Distributional methods and deep parsing

Proposer: Ann Copestake
Supervisor: Ann Copestake


Distributional semantic methods depend on the idea that words with similar meanings will appear in similar contexts. There is a considerable amount of work on distributional techniques in computational linguistics, but much of this concentrates on relatively simple, isolated tasks, such as measurements of similarity. If distributional techniques are providing information about meaning, it should be possible to use them in combination with other computational linguistics techniques, such as parsing and generation. It should also be possible to exploit very large scale parsed corpora for the extraction of distributions.

The two proposals listed below could be the basis for separate ACS projects, but it would also be possible to combine topics. See also Dhruv Kumar's (2011-12) project on ordering constraints in language generation.

  1. Extraction of distributions from a semantically annotated corpus.

    The WikiWoods corpus has been constructed by automatically parsing a dump of the English Wikipedia with a very detailed grammar of English. This is an interesting resource to investigate for the extraction of distributions. There has been considerable work on the use of syntactically parsed data for this purpose (see e.g., Pado and Lapata 2007), but the use of a semantic resource could improve results (e.g., because it allows generalisations over equivalent constructions with different syntax). There are various possible ways in which the parsed data could be utilised, and part of the project would involve developing a flexible approach for extraction of the data so that a range of options could be investigated.

    The distributions could be compared with distributions extracted from unparsed corpora on standard tasks such as similarity, or they could be used in one of the proposals described below. Ideally this project would lead to a resource which could be distributed as part of DELPH-IN.

  2. Parse ranking.

    Standard techniques for parse ranking have limited capability to determine the extent to which constructions are semantically plausible. This project will look at the use of distributional semantics to rerank the output from a broad-coverage grammar of English. The intuition behind the use of distributional semantics in parse ranking is that it offers an additional source of information to that which is generally used (i.e., treebanks). While some experiments have been carried out on the use of distributional techniques for syntactic disambiguation, these have been done on isolated test sets (e.g., of noun-noun compounds) and it is not clear whether they extend to more complex constructions and whether they would offer a real advantage compared with existing parsing models.
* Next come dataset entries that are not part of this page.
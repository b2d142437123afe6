ghost use Rattle.std.specs.Prelude.{◌≡◌};
ghost use Rattle.meek_words.specs.declared.words_stop.WordsStop.TheVariants.{NoMemory};

use crate::PushBack;
use std::alloc::AllocError;

/// Why words gave no answer.
#[derive(Clone, Copy, Debug, PartialEq, Eq)]
pub enum WordsStop {
    /// The words have no form that the program knows.
    BadWords,
    /// Want of memory, whatever the words are.
    NoMemory,
}

impl From<PushBack<u32>> for WordsStop {
    ghost from_gives = { λ _ stop. stop ≡ NoMemory };

    fn from(_back: PushBack<u32>) -> WordsStop {
        WordsStop::NoMemory
    }
}

impl From<AllocError> for WordsStop {
    ghost from_gives = { λ _ stop. stop ≡ NoMemory };

    fn from(_error: AllocError) -> WordsStop {
        WordsStop::NoMemory
    }
}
    Preliminary experiments were carried out in the 2009 JHU CSLP Summer Workshop (see Chapter 6 of the JHU Report). The large quantity of Treebanked data available from DELPH-IN would make it preferable to experiment with the DELPH-IN English Resource Grammar (ERG) for this project. The easiest approach to implement would be to rerank parses, but it may also be possible to experiment with adding distributionally-based features to the existing maximum entropy model.